About this task
Search the data for the string "SessionFrames", and report each line where it is found.

Recorded data
= Beginning of Section =

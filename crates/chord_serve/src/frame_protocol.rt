//! Frames, as the protocol of a link.
ghost use Rattle.std.specs.Prelude.{◌≡◌, ◌++◌, ℕ, List, length, Ok, false, true, IfErr};
ghost use Rattle.std.specs.Option.{ForSome};
ghost use Rattle.chord_wire.specs.Spelling.{IsWireRequest};
ghost use Rattle.chord_serve.specs.Ends.{IsStop};
ghost use Rattle.chord_serve.specs.Parting.{parted_as};
ghost use Rattle.chord_serve.specs.Question.{IsAnswer};
ghost use Rattle.chord_serve.specs.Steps.{IsKept};
ghost use Rattle.chord_serve.specs.declared.link.stage.Step.TheVariants.{Later};

use crate::asker::{Asked, Asker};
use crate::client_session::ClientSession;
use crate::due::Due;
use crate::link::protocol::Protocol;
use crate::link::stage::Step;
use crate::parted::Parted;
use crate::refusing::{BAD_VERSION, OUT_OF_PLACE, close, is_other, refuse};
use crate::served::Served;
use chord_wire::{FaultCode, SessionFrame, SessionFrames, WireRequest};
use std::alloc::{AllocError, Global};

/// The bytes that came and are not answered yet, the session, and the request that waits for its
/// answer.
#[derive(Drop)]
pub struct FrameProtocol<A> {
    frames: SessionFrames,
    client: ClientSession<A>,
    // Whether the connection began with an open.
    is_opened: bool,
    // Whether the session cannot go on.
    is_over: bool,
    // The number of the request that waits, if one does.
    waiting: Option<u64>,
    ghost kept: { ForSome waiting (λ number. IsKept number client.numbers) },
}

impl<A> FrameProtocol<A> {
    ghost use Rattle.chord_serve.specs.Framing.{FrameIdles};

    /// A session goes on with these bytes. `is_opened` says whether it began with an open.
    pub fn new(frames: SessionFrames, client: ClientSession<A>, is_opened: bool) -> FrameProtocol<A>
        ensures frames { result.frames ≡ frames }
        ensures client { result.client ≡ client }
        ensures opened { result.is_opened ≡ is_opened }
        ensures over { result.is_over ≡ false }
        ensures idle { FrameIdles result }
    {
        FrameProtocol {
            frames,
            client,
            is_opened,
            is_over: false,
            waiting: None,
        }
    }

    /// What is left of the session.
    pub fn into_parted(self) -> Parted<A>
        ensures { result ≡ parted_as self.is_over self.client }
    {
        let FrameProtocol {
            frames,
            client,
            is_opened: _,
            is_over,
            waiting: _,
        } = self;
        drop(frames);
        if is_over {
            return Parted::Over(client.into_asker());
        }
        Parted::Kept(client)
    }
}

impl<A: Asker> FrameProtocol<A> {
    ghost use Rattle.chord_serve.specs.Framing.{FrameAsked, FrameIdles, FrameSteps, TakesRequest};

    /// Tells the answer to the request of this number, unless that has none yet and may wait.
    fn settle(
        &mut self,
        alloc: Global,
        due: &mut Due,
        number: u64,
        answer: Asked,
        may_wait: bool,
    ) -> Result<Step, Served>
        requires fits { IsAnswer answer }
        requires kept { IsKept number self.old.client.numbers }
        requires idle { FrameIdles self.old }
        ensures next { (before : _) → FrameAsked A.answers before number answer self.old
            → FrameSteps A.answers result before due.old due.new self.new }
        ensures frames { self.new.frames ≡ self.old.frames }
        ensures grows { (bytes : List ℕ) × (due.new ≡ due.old ++ bytes) }
        ensures stop { IfErr result IsStop }
        ensures patient { result ≡ Ok Later → may_wait ≡ true }
    {
        if may_wait && matches!(answer, Asked::NoAnswer) && self.client.asker.may_try_again() {
            self.waiting = Some(number);
            return Ok(Step::Later);
        }
        if matches!(answer, Asked::NoAnswer) {
            self.client.asker.leave_unanswered();
        }
        match self.client.tell(alloc, due, number, answer) {
            Ok(()) => Ok(Step::Answered),
            Err(_) => {
                self.is_over = true;
                Err(Served::Memory)
            }
        }
    }

    /// Answers a request whose frame was taken off, unless it may wait for its answer.
    fn answer(
        &mut self,
        alloc: Global,
        due: &mut Due,
        wire: WireRequest,
        may_wait: bool,
    ) -> Result<Step, Served>
        requires fits { IsWireRequest wire }
        requires idle { FrameIdles self.old }
        ensures next { (before : _) → TakesRequest before wire self.old
            → before.client ≡ self.old.client
            → FrameSteps A.answers result before due.old due.new self.new }
        ensures frames { self.new.frames ≡ self.old.frames }
        ensures grows { (bytes : List ℕ) × (due.new ≡ due.old ++ bytes) }
        ensures stop { IfErr result IsStop }
        ensures patient { result ≡ Ok Later → may_wait ≡ true }
    {
        if is_other(self.client.version, wire.version) {
            return Err(refuse(alloc, due, BAD_VERSION));
        }
        let number = wire.number;
        match self.client.begin(alloc, due, wire) {
            Ok(None) => Ok(Step::Answered),
            Ok(Some(answer)) => self.settle(alloc, due, number, answer, may_wait),
            Err(_) => {
                self.is_over = true;
                Err(Served::Memory)
            }
        }
    }
}

impl<A: Asker> Protocol for FrameProtocol<A> {
    ghost use Rattle.chord_serve.specs.Framing.{FrameBegun, FrameHears, FrameIdles, FrameRests, FrameSays, FrameStops, is_between};

    ghost hears = { FrameHears };

    ghost says = { FrameSays A.answers };

    ghost stops = { FrameStops A.answers };

    ghost rests = { FrameRests };

    ghost idle = { FrameIdles };

    ghost begun = { FrameBegun A.answers };

    ghost between = { is_between };

    ghost unread = { λ c. length c.frames };

    ghost partial = { λ c. length c.frames };

    fn is_between(&self) -> bool {
        self.frames.left() == 0
    }

    fn partial(&self) -> u64 {
        self.frames.left() as u64
    }

    fn feed(&mut self, piece: &[u8]) -> Result<(), AllocError> {
        match self.frames.feed(piece) {
            Ok(()) => Ok(()),
            Err(_) => Err(AllocError),
        }
    }

    fn answer_next(
        &mut self,
        alloc: Global,
        due: &mut Due,
        may_wait: bool,
    ) -> Result<Step, Served> {
        if let Some(number) = self.waiting {
            self.waiting = None;
            let answer = self.client.asker.try_again();
            return self.settle(alloc, due, number, answer, may_wait);
        }
        let next = match self.frames.next() {
            Ok(next) => next,
            Err(fault) => {
                if fault.code == FaultCode::Memory {
                    return Err(Served::Memory);
                }
                return Err(refuse(alloc, due, fault));
            }
        };
        let Some(frame) = next else {
            return Ok(Step::Nothing);
        };
        match frame {
            SessionFrame::Request(wire) => self.answer(alloc, due, wire, may_wait),
            SessionFrame::Open(_) => Err(refuse(alloc, due, OUT_OF_PLACE)),
            SessionFrame::Close => {
                if !self.is_opened {
                    return Err(refuse(alloc, due, OUT_OF_PLACE));
                }
                self.is_over = true;
                Err(close(alloc, due))
            }
        }
    }
}
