//! What a client's session has beyond its connections.
ghost use Rattle.std.specs.Prelude.{◌≡◌, ◌≢◌, None, Some, IfOk, IfSome, OnOk};
ghost use Rattle.chord_wire.specs.Spelling.{IsWireRequest};
ghost use Rattle.chord_session.specs.Session.{first_state, last_number, bytes_held};
ghost use Rattle.chord_serve.specs.Output.{after_answer, frame_of};
ghost use Rattle.chord_serve.specs.Question.{IsAnswer};
ghost use Rattle.chord_serve.specs.Steps.{Begins, IsKept};
ghost use Rattle.chord_serve.specs.Writes.{Joins};
ghost use Rattle.chord_serve.specs.declared.asker.Asked.TheVariants.{Memory};

use crate::asker::{Asked, Asker};
use crate::due::Due;
use crate::step::{begin_one, tell};
use chord_session::Session;
use chord_wire::WireRequest;
use std::alloc::{AllocError, Global};

/// The version of its requests, once that is known; its numbers, with the answers that are kept;
/// and who answers new ones.
#[derive(Drop)]
pub struct ClientSession<A> {
    pub(crate) version: Option<u8>,
    pub(crate) numbers: Session,
    pub(crate) asker: A,
}

impl<A> ClientSession<A> {
    /// The session of a connection that begins without an open, so it ends with the connection.
    pub fn of_connection(alloc: Global, asker: A) -> ClientSession<A>
        ensures version { result.version ≡ None }
        ensures numbers { result.numbers ≡ first_state }
        ensures asker { result.asker ≡ asker }
    {
        ClientSession {
            version: None,
            numbers: Session::new(alloc),
            asker,
        }
    }

    /// A session that an open begins. It is of version 2.
    pub fn new(alloc: Global, asker: A) -> ClientSession<A>
        ensures version { result.version ≡ Some 2 }
        ensures numbers { result.numbers ≡ first_state }
        ensures asker { result.asker ≡ asker }
    {
        ClientSession {
            version: Some(2),
            numbers: Session::new(alloc),
            asker,
        }
    }

    /// The greatest floor accepted.
    pub fn floor(&self) -> u64
        ensures { result ≡ self.now.numbers.floor }
    {
        self.numbers.floor()
    }

    /// The last number of which a request was read whole.
    pub fn last(&self) -> u64
        ensures { result ≡ last_number self.now.numbers }
    {
        self.numbers.last()
    }

    /// How many bytes its kept answers have; `u64::MAX` stands for more.
    pub fn bytes(&self) -> u64
        ensures { result ≡ bytes_held self.now.numbers }
    {
        self.numbers.bytes()
    }

    /// The asker of a session that is over.
    pub fn into_asker(self) -> A
        ensures { result ≡ self.asker }
    {
        let ClientSession {
            version: _,
            numbers,
            asker,
        } = self;
        drop(numbers);
        asker
    }
}

impl<A: Asker> ClientSession<A> {
    /// Lets a request in, and asks what it calls for. None if no question is to be asked: what is
    /// to be written for it is added to the output.
    pub(crate) fn begin(
        &mut self,
        alloc: Global,
        due: &mut Due,
        wire: WireRequest,
    ) -> Result<Option<Asked>, AllocError>
        requires { IsWireRequest wire }
        ensures begins { Begins A.answers result self.old.numbers self.old.asker wire due.old due.new self.new.numbers self.new.asker }
        ensures version { self.new.version ≡ Some wire.version }
        ensures fits { IfOk result (λ asked. IfSome asked IsAnswer) }
        ensures kept { IfOk result (λ asked. IfSome asked (λ _. IsKept wire.number self.new.numbers)) }
    {
        self.version = Some(wire.version);
        begin_one(alloc, &mut self.numbers, due, &mut self.asker, wire)
    }

    /// Adds the frame of an answer to the output, and stores the frame of a reply.
    pub(crate) fn tell(
        &mut self,
        alloc: Global,
        due: &mut Due,
        number: u64,
        answer: Asked,
    ) -> Result<(), AllocError>
        requires fits { IsAnswer answer }
        requires kept { IsKept number self.old.numbers }
        ensures due { Joins result due.old due.new (frame_of number answer) }
        ensures told { OnOk result (self.new ≡ record self.old { numbers = after_answer self.old.numbers number answer }) }
        ensures asker { self.new.asker ≡ self.old.asker }
        ensures version { self.new.version ≡ self.old.version }
        ensures answered { OnOk result (answer ≢ Memory) }
    {
        tell(alloc, &mut self.numbers, due, number, answer)
    }
}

= End of Section =

Response
use chord_wire::{FaultCode, SessionFrame, SessionFrames, WireRequest};
    frames: SessionFrames,
    pub fn new(frames: SessionFrames, client: ClientSession<A>, is_opened: bool) -> FrameProtocol<A>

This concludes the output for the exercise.